#### Task details:
Locate the line that contains "free_marks, which moves calls" in the entries below, then repeat it and every following line through the line that contains "type. Pages are", exactly, and no others.

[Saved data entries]
• • •
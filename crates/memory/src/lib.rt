// The lent memory, and what it means.
//
// A cache of S slots lives in four slices that the caller lends, and in a head that goes in by value and comes back:
//
//     slots       4 * S words of 64 bits     slot s is the words 4s to 4s + 3, its entry; a free slot is all zero
//
//         bits       63 .. 56  55 .. 48  47 .. 40  39 .. 32  31 .. 24  23 .. 16  15 .. 8   7 .. 0
//                  +---------------------------------------+---------------------------------------+
//         4s       | handle                                | key                                   |
//                  +---------------------------------------+---------------------------------------+
//         4s + 1   | prev: the slot before it in the ring  | next: the slot after it in the ring   |
//                  +-------------------+-------------------+---------+---------+---------+---------+
//         4s + 2   | holders           | pins              | spare 0 | cells   | uses    | flags   |
//                  +-------------------+-------------------+---------+---------+---------+---------+
//         4s + 3   | frame                                                                         |
//                  +-------------------------------------------------------------------------------+
//
//     by_key      S numbers of 32 bits       the held slots by ascending key, then zeros
//     by_handle   S numbers of 32 bits       the held slots by ascending handle, then zeros
//     marks       S / 64 words of 64 bits,   slot s is bit s % 64 of word s / 64: 1 if it is free, 0 if it is held; the bits
//                 rounded up                 beyond the last slot are 0
//     head        by value                   capacity, held, hand, spill switch, estimate (crate page says what each means)
//
// Who writes what:
//
//     the packing            pool alone knows it; the others load and store whole entries
//     next, prev             ring_links
//     a slot's other fields  moves; and a sweep of crate eviction lowers use counts
//     by_key, by_handle      sorted_index, which moves calls
//     marks                  free_marks, which moves calls
//     head                   each call hands back the head after it, and the caller keeps it for the next call
//     all of it              creating, and clearing by creating again
//
// `LentMemory` is the four slices as one value, and `LentView` the same where they are only read (lent.rt). The head stands beside them,
// by value, as document 01 has it: so that the memory is sound, which speaks of both, is asked by a clause and not by a type. Pages are
// slots, named by number, and an index is a list of slots: all is lent and of a fixed size, and nothing is allocated.
//
// The caller may read all of it between calls, and should write none: a public call tests it first, and answers 1 if it is not sound
// (crate soundness).
//
// `Holds memory head cache` says that memory and head hold a cache of the model (crate model), and `Sound memory head` that
// they hold some cache. A memory determines the cache that it holds, and a cache determines its memory: so a contract that gives the
// cache after a call gives every lent word.
//
//     specs/Memory.antt    the lent memory as one value
//     specs/Holds.antt     what it means that memory holds a cache
//     specs/Walk.antt      a walk over the keys, by the index
#![tactic(auto)]

mod lent;

pub use lent::{LentMemory, LentView};
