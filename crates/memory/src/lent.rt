// The four slices that a caller lends, as one value. What stands in them is drawn in lib.rt.
ghost use Rattle.std.specs.Prelude.{◌≡◌};
ghost use Rattle.memory.specs.Memory.{memory_in, memory_seen, WordsFit};

// Lent to be written. A function that takes it by `&mut` says two things of it: what the memory in it is afterwards, and that the same
// slices are lent (`SameSlices`), for it could put others in their place.
#[derive(Drop)]
pub struct LentMemory<'a> {
    pub slots: &'a mut [u64],
    pub by_key: &'a mut [u32],
    pub by_handle: &'a mut [u32],
    pub marks: &'a mut [u64],
}

// Lent to be read. One type for both would ask more of whoever lends only to read.
#[derive(Clone, Copy)]
pub struct LentView<'a> {
    pub slots: &'a [u64],
    pub by_key: &'a [u32],
    pub by_handle: &'a [u32],
    pub marks: &'a [u64],
}

impl LentMemory<'_> {
    // The same memory, to be read.
    pub fn view(&self) -> LentView<'_>
        ensures { memory_seen result ≡ memory_in self.now }
    {
        LentView {
            slots: self.slots,
            by_key: self.by_key,
            by_handle: self.by_handle,
            marks: self.marks,
        }
    }

    // Does nothing, and tells that each word is a number of 64 bits (crate free_marks, `words_fit`).
    pub fn words_fit(&self)
        ensures { WordsFit (memory_in self.now) }
    {
        free_marks::words_fit(self.slots);
        free_marks::words_fit(self.marks);
    }
}
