// The header of a database file: its first 100 bytes ("Database File Format", 1.3).
//
//     header.rt   Database: what it says of the pages; Fault: what can be wrong with it; open: the header that a file begins with,
//                 or its first fault
//
//     | magic 16 | page size 2 | .. 2 | reserved 1 | .. 79 |
//
// Callers may rely on `open` for any bytes of any length: it answers what `Opens` (specs/Header.antt) says. Only what the checks of
// pages need is read: the other fields may hold anything.
#![tactic(auto)]

mod header;

pub use header::{Database, Fault, HEADER_LENGTH, open};
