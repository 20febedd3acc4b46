ghost use Rattle.std.specs.Prelude.{◌≡◌, ◌*◌, ◌/◌, ◌^◌, ◌≤◌, true, length, take};
ghost use Rattle.integers.specs.Sums.{sumℤ};
ghost use Rattle.finders.specs.Points.{within};
ghost use Rattle.code_layers.specs.Repeat.{repeated as repeated_of, group_sums};
ghost use Rattle.code_layers.specs.Groups.{firsts as firsts_of};

use finders::points::MOST_CELLS;

// The cells of a word in groups of equally many.
#[derive(Clone, Copy)]
pub(super) struct Groups {
    pub(super) size: usize,
    pub(super) count: usize,
    ghost some_cell: { 1 ≤ size },
    ghost some_group: { 1 ≤ count },
    ghost few: { size * count ≤ 32 },
}

// The sum of the gains of a group. A loop, since no bound is known of a chain's sum of signed numbers.
fn sum(gains: &[i32]) -> i32
    requires small { within (2 ^ 30 / length gains.now) gains.now ≡ true }
    ensures { result ≡ sumℤ gains.now }
{
    let mut sum = 0;
    for gain in gains {
        sum += *gain;
    }
    sum
}

impl Groups {
    // The sums of the groups, at the head of an array of fixed length, since the library allocates nothing.
    pub(super) fn sums(self, gains: &[i32]) -> [i32; MOST_CELLS]
        requires all { length gains.now ≡ self.size * self.count }
        requires small { within (2 ^ 30 / self.size) gains.now ≡ true }
        ensures { take self.count result ≡ group_sums self.size self.count gains.now }
    {
        let mut sums = [0; MOST_CELLS];
        for (i, group) in gains.chunks(self.size).enumerate() {
            sums[i] = sum(group);
        }
        sums
    }

    // The word with each digit of another in each cell of its group.
    pub(super) fn repeated(self, word: u32) -> u32
        ensures { result ≡ repeated_of self.size self.count word }
    {
        // in 64 bits, since a group may have all 32 cells
        let word = u64::from(word);
        let ones = (1 << self.size) - 1;
        let all = (0..self.count)
            .rev()
            .fold(0, |all, i| (all << self.size) | (word >> i) % 2 * ones);
        all as u32
    }

    // The word of the first digits of the groups.
    pub(super) fn firsts(self, word: u32) -> u32
        ensures { result ≡ firsts_of self.size self.count word }
    {
        (0..self.count).rev().fold(0, |firsts, i| (firsts << 1) | (word >> (i * self.size)) % 2)
    }
}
• • •
#### Answer below:
//     marks                  free_marks, which moves calls
//     head                   each call hands back the head after it, and the caller keeps it for the next call
//     all of it              creating, and clearing by creating again
//
// `LentMemory` is the four slices as one value, and `LentView` the same where they are only read (lent.rt). The head stands beside them,
// by value, as document 01 has it: so that the memory is sound, which speaks of both, is asked by a clause and not by a type. Pages are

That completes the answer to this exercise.